Recommender system can be either personalized or non-personalized. Non-personalized system can be simpler but personalized system tends to work better as it caters to the needs of each individual user. Collaborative filtering is a common method of personalized recommender system which filters information such as interactions data from other similar users. Since it works by predicting user ratings, it is considered as performing regression task. There are two general types of collaborative filtering:

  1. User to user
  2. Item to item

User to user collaborative filtering basically operates under the assumption that users who gave similar ratings to a certain item are likely to have the same preference for other items as well. Therefore this method mainly relies on finding similarity between users. However, in some cases, user preference might be to abstract to be broken down. This is where item to item collaborative filtering comes in handy. Here, similarity between items is used instead of similarity between users. In this article, we’ll be focusing on user to user collaborative filtering.

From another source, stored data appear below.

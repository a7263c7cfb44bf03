// The season's sheet as numbers: one file more, and its text.
ghost use Rattle.std.specs.Prelude.{◌≡◌, cond, [], ◌++◌, ℕ, ◌+◌, ◌≤◌, ◌<◌, length, get_or};
ghost use Rattle.rules.specs.Report.{decimal, key_line};
ghost use Rattle.rules_season.specs.Season.{refusal_text};
ghost use Rattle.report.specs.Pieces.{Wrote};
ghost use Rattle.season_sheet.specs.Figures.{SheetIs, Accepting, CounterRaised, Refusing, front_text, met_text, numbers_text};
ghost use Rattle.season_sheet.specs.Figures.{tail_text, SheetWritten};

// The figures, but for the refusals by number, which stand in an array of 21; and how many bytes the reports and how many numbers the cues
// of the groups' first files take.
#[derive(Clone, Copy)]
pub struct Sheet {
    pub accepted: u64,
    pub refused: u64,
    pub ticks: u64,
    pub greatest: u64,
    pub groups: usize,
    pub used: usize,
    pub cued: usize,
}

// The sheet of no file.
pub fn empty(counts: &mut [u64; 21]) -> Sheet
    ensures { SheetIs [] result counts.new × (result.groups ≡ 0) × (result.used ≡ 0) × (result.cued ≡ 0)
        × (length counts.new ≡ 21) }
{
    *counts = [0; 21];
    Sheet {
        accepted: 0,
        refused: 0,
        ticks: 0,
        greatest: 0,
        groups: 0,
        used: 0,
        cued: 0,
    }
}

// n, if the file is the first of a new group.
fn if_fresh(fresh: bool, n: usize) -> usize
    ensures { (result ≡ cond fresh n 0) × (result ≤ n) }
{
    if fresh {
        return n;
    }
    0
}

// An accepted file more: its ticks, its report's length, how many cues it has, and whether it is in a new group.
pub fn with_accepted(sheet: Sheet, ticks: u64, len: usize, count: usize, fresh: bool) -> Sheet
    requires { (sheet.accepted < 64) × (sheet.ticks ≤ 64_000_000_000_000) × (ticks ≤ 1_000_000_000_000) × (sheet.groups < 64)
        × (sheet.used + len ≤ 133_696) × (sheet.cued + count ≤ 16_384) }
    ensures { Accepting sheet ticks len count fresh result }
{
    let most = sheet.greatest.max(ticks);
    let one = if_fresh(fresh, 1);
    let bytes = if_fresh(fresh, len);
    let numbers = if_fresh(fresh, count);
    Sheet {
        accepted: sheet.accepted + 1,
        refused: sheet.refused,
        ticks: sheet.ticks + ticks,
        greatest: most,
        groups: sheet.groups + one,
        used: sheet.used + bytes,
        cued: sheet.cued + numbers,
    }
}

// Counts a refusal under its number.
fn count_refusal(number: u32, counts: &mut [u64; 21])
    requires { (length counts.old ≡ 21) × ((q : ℕ) → q < 21 → get_or counts.old q 0 < 64) }
    ensures { CounterRaised number counts.old counts.new }
{
    let q = number as usize;
    if q < 21 {
        counts[q] = counts[q] + 1;
    }
}

// A refused file more, by its number.
pub fn with_refused(sheet: Sheet, number: u32, counts: &mut [u64; 21]) -> Sheet
    requires { (sheet.refused < 64) × (length counts.old ≡ 21) × ((q : ℕ) → q < 21 → get_or counts.old q 0 < 64) }
    ensures { Refusing sheet number counts.old counts.new result }
{
    count_refusal(number, counts);
    Sheet {
        accepted: sheet.accepted,
        refused: sheet.refused + 1,
        ticks: sheet.ticks,
        greatest: sheet.greatest,
        groups: sheet.groups,
        used: sheet.used,
        cued: sheet.cued,
    }
}

// Writes a key and a number, and then a line of another key and number.
fn put_pair(first: &[u8], x: u64, second: &[u8], y: u64, out: &mut [u8]) -> usize
    requires { length ((first.now ++ decimal x) ++ key_line second.now y) ≤ length out.old }
    ensures { Wrote ((first.now ++ decimal x) ++ key_line second.now y) out.old out.new result }
{
    let at = report::pieces::put_number(first, x, out);
    at + report::pieces::put_entry(second, y, &mut out[at..])
}

// Writes the line of a refusal number that was met n times; nothing if it was not met.
fn put_met(number: usize, n: u64, out: &mut [u8]) -> usize
    requires { 50 ≤ length out.old }
    ensures { Wrote (met_text number n) out.old out.new result }
{
    if n == 0 {
        return 0;
    }
    put_pair(b"refused-", number as u64, b"=", n, out)
}

// Writes the lines of the refusal numbers, in rising order.
fn put_numbers(counts: &[u64; 21], out: &mut [u8]) -> usize
    requires { 1_000 ≤ length out.old }
    ensures { Wrote (numbers_text (λ q. get_or counts.now q 0)) out.old out.new result × (result ≤ 1_000) }
{
    let mut at: usize = 0;
    for q in 1..21 {
        at += put_met(q, counts[q], &mut out[at..]);
    }
    at
}

// Writes the lines before the refusal numbers.
fn put_front(sheet: Sheet, out: &mut [u8]) -> usize
    requires { 59 ≤ length out.old }
    ensures { Wrote (front_text sheet.accepted sheet.refused) out.old out.new result × (result ≤ 59) }
{
    let at = report::pieces::put_entry(b"accepted=", sheet.accepted, out);
    at + report::pieces::put_entry(b"refused=", sheet.refused, &mut out[at..])
}

// Writes the lines after them.
fn put_tail(sheet: Sheet, out: &mut [u8]) -> usize
    requires { 85 ≤ length out.old }
    ensures { Wrote (tail_text sheet.ticks sheet.greatest sheet.groups) out.old out.new result × (result ≤ 85) }
{
    let a = report::pieces::put_entry(b"ticks=", sheet.ticks, out);
    let b = a + report::pieces::put_entry(b"greatest=", sheet.greatest, &mut out[a..]);
    b + report::pieces::put_entry(b"groups=", sheet.groups as u64, &mut out[b..])
}

// How many bytes the sheet's text has at most.
pub const TEXT: usize = 1_144;

// Writes the sheet.
pub fn put_sheet(sheet: Sheet, counts: &[u64; 21], out: &mut [u8]) -> usize
    requires { 1_144 ≤ length out.old }
    ensures { SheetWritten sheet counts.now out.old out.new result }
{
    let a = put_front(sheet, out);
    let b = a + put_numbers(counts, &mut out[a..]);
    b + put_tail(sheet, &mut out[b..])
}

// Writes what is printed alone for no name or more than 64: `refused=18 0`.
pub fn put_refusal(out: &mut [u8]) -> usize
    requires { 50 ≤ length out.old }
    ensures { Wrote (refusal_text 18 0) out.old out.new result }
{
    put_pair(b"refused=", 18, b" ", 0, out)
}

Workflow of collaborative filtering:

User to user collaborative filtering
  1. The process starts by converting the rating data into a utility matrix where the list of users are the rows and list of items are the columns.
  2. The next step is the Neighborhood collaborative filtering model where we use a similarity function to compute similarity between users with the output being a similarity matrix.
  3. A certain amount (K) of similar users (also known as neighbors) is taken and the rating prediction will be obtained by doing regression on these neighbors’ rating data.
  4. The items will then be sorted based on the highest rating and the top items will be recommended to the user.

Code

First, let’s define a function to compute a baseline rating, which is the global average rating with the addition of user and item bias.

def baseline_prediction(data, userid, movieid):
"""Function to calculate baseline prediction from user and movie """

# calculate global mean
global_mean = data.stack().dropna().mean()

# calculate user mean
user_mean = data.loc[userid, :].mean()

# calculate item mean
item_mean = data.loc[:, movieid].mean()

# calculate user bias
user_bias = global_mean - user_mean

# calculate item bias
item_bias = global_mean - item_mean

# calculate baseline
baseline_ui = global_mean + user_bias + item_bias

return baseline_ui

Next, we’ll add on another function to find the neighbors based on the similarity score calculated using cosine similarity. We’ll use

# calculate the mean rating from all user for each movie
user_mean = data.mean(axis=0)
user_removed_mean_rating = (data - user_mean).fillna(0)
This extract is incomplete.